As explained in the presentation article, Stambia can work with Google BigQuery powered by Google Cloud Platform (GCP) to perform operations on its tables, load data, reverse Metadata, ...
This article demonstrates how to work with Google BigQuery in Stambia.
This article is dedicated to Stambia DI 2020 (S20.0.0) and higher . If you are on a prior version please refer to this article instead.

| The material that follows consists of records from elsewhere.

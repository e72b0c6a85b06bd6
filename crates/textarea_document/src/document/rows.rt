//! The visual rows of a document.
ghost use Rattle.std.specs.Prelude.{◌≡◌, true, IfOk, IfSome, IsOk, OnErr, OnOk};
ghost use Rattle.textarea_document.specs.Prelude.{IsPlace, row_total, at_width, is_wrapped_at, keeps_wrapping, OfRows, IsPrepared, IsViewOf, HasRowsAt, IsAboveCursor, IsBelowCursor, text_and_layout, with_inner_width, with_layout_settings};

use crate::document::Document;
use std::alloc::AllocError;
use textarea_lines::settings::LayoutSettings;
use textarea_lines::text_layout::PreparedWidth;
use textarea_screen_map::view::TextLayoutView;

impl Document {
    /// Returns the settings of the layout.
    pub fn layout_settings(&self) -> LayoutSettings
        ensures { result ≡ self.now.layout.settings }
    {
        self.text_layout.layout_settings()
    }

    /// Sets the settings of the layout. If that changes how lines wrap, all are wrapped again, each
    /// once; only then memory is needed.
    pub fn set_layout_settings(&mut self, settings: LayoutSettings) -> Result<(), AllocError>
        ensures ok { OnOk result (self.new ≡ with_layout_settings self.old settings) }
        ensures err { OnErr result (self.new ≡ self.old) }
        ensures no_memory { keeps_wrapping (text_and_layout self.old) settings ≡ true → IsOk
            result }
    {
        self.text_layout.set_layout_settings(settings)
    }

    /// Returns the position one visual row above the cursor; `None` in the first visual row.
    #[tactic(auto, unfolding(crate::specs::DocumentRows::IsAboveCursor))]
    pub fn above(&self) -> Option<(usize, usize)>
        ensures place { IfSome result (IsPlace self.now.text) }
        ensures above { IsAboveCursor self.now result }
    {
        self.text_layout.above(self.cursor)
    }

    /// Returns the position one visual row below the cursor; `None` in the last visual row.
    #[tactic(auto, unfolding(crate::specs::DocumentRows::IsBelowCursor))]
    pub fn below(&self) -> Option<(usize, usize)>
        ensures place { IfSome result (IsPlace self.now.text) }
        ensures below { IsBelowCursor self.now result }
    {
        self.text_layout.below(self.cursor)
    }

    /// Returns the number of visual rows of the whole text.
    pub fn row_count(&self) -> usize
        ensures { OfRows (text_and_layout self.now) (λ rows. result ≡ row_total rows) }
    {
        self.text_layout.row_count()
    }

    /// Returns the lines with their visual rows.
    pub fn view(&self) -> TextLayoutView<'_>
        ensures { IsViewOf (text_and_layout self.now) result }
    {
        self.text_layout.view()
    }

    /// Prepares the visual rows for an inner width, in columns. If it changes how lines wrap, all
    /// are wrapped, each once; only then memory is needed. Lines that were last measured at this
    /// width are not wrapped again. If lines aren't wrapped, positions up to the cursor are made
    /// known, for faster look-ups. The document does not change for its callers.
    pub fn prepare_width(&mut self, inner_width: u16) -> Result<PreparedWidth, AllocError>
        ensures same { self.new ≡ self.old }
        ensures prepared { IfOk result (IsPrepared (text_and_layout self.old)) }
        ensures width { IfOk result (λ prepared. prepared.inner_width ≡ inner_width) }
        ensures no_memory { let text_layout = text_and_layout self.old in
            keeps_wrapping text_layout (at_width text_layout inner_width) ≡ true → IsOk result }
    {
        self.text_layout.mark(self.cursor);
        self.text_layout.prepare_width(inner_width)
    }

    /// Returns the lines with their visual rows as they will be once the prepared width is set.
    pub fn view_with<'a>(&'a self, prepared: &'a PreparedWidth) -> TextLayoutView<'a>
        requires { IsPrepared (text_and_layout self.now) prepared.now }
        ensures { IsViewOf
            (text_and_layout (with_inner_width self.now prepared.now.inner_width)) result }
    {
        self.text_layout.view_with(prepared)
    }

    /// Sets the prepared inner width; this needs no memory and wraps no line.
    pub fn put_width(&mut self, prepared: PreparedWidth)
        requires { IsPrepared (text_and_layout self.old) prepared }
        ensures { self.new ≡ with_inner_width self.old prepared.inner_width }
    {
        self.text_layout.put_width(prepared);
    }

    /// Returns the number of visual rows that the whole text would have in an inner area of this
    /// width, in columns. If lines wrap as in the present layout, no memory is needed. The document
    /// does not change for its callers.
    #[tactic(auto, unfolding(crate::specs::DocumentRows::HasRowsAt))]
    pub fn rows_at_width(&mut self, inner_width: u16) -> Result<usize, AllocError>
        ensures same { self.new ≡ self.old }
        ensures rows { IfOk result (HasRowsAt self.old inner_width) }
        ensures no_memory { is_wrapped_at (text_and_layout self.old) inner_width ≡ true → IsOk
            result }
    {
        self.text_layout.rows_at_width(inner_width)
    }
}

Prerequisites:You must have previously installed Google Cloud Platform and Google BigQuery Components to be able to work with Google BigQuery.
Please refer to the following article that will guide you to accomplish this.
Metadata
When Stambia DI Google Cloud Platform Component and BigQuery Components are installed and configured, you can start creating your first Metadata.
This will then allow to perform the first reverses of Metadata and first Mapping Examples.
Metadata creation
Create the Metadata, as usual, by selecting the technology in the Metadata Creation Wizard:
Click next, choose a name and click on finish.
Metadata Configuration
Google Cloud Credentials definition
When the Metadata is created, you can start defining common information about Google BigQuery access
The first step is to define the Google Cloud Credentials that must be used to perform operations on Google BigQuery.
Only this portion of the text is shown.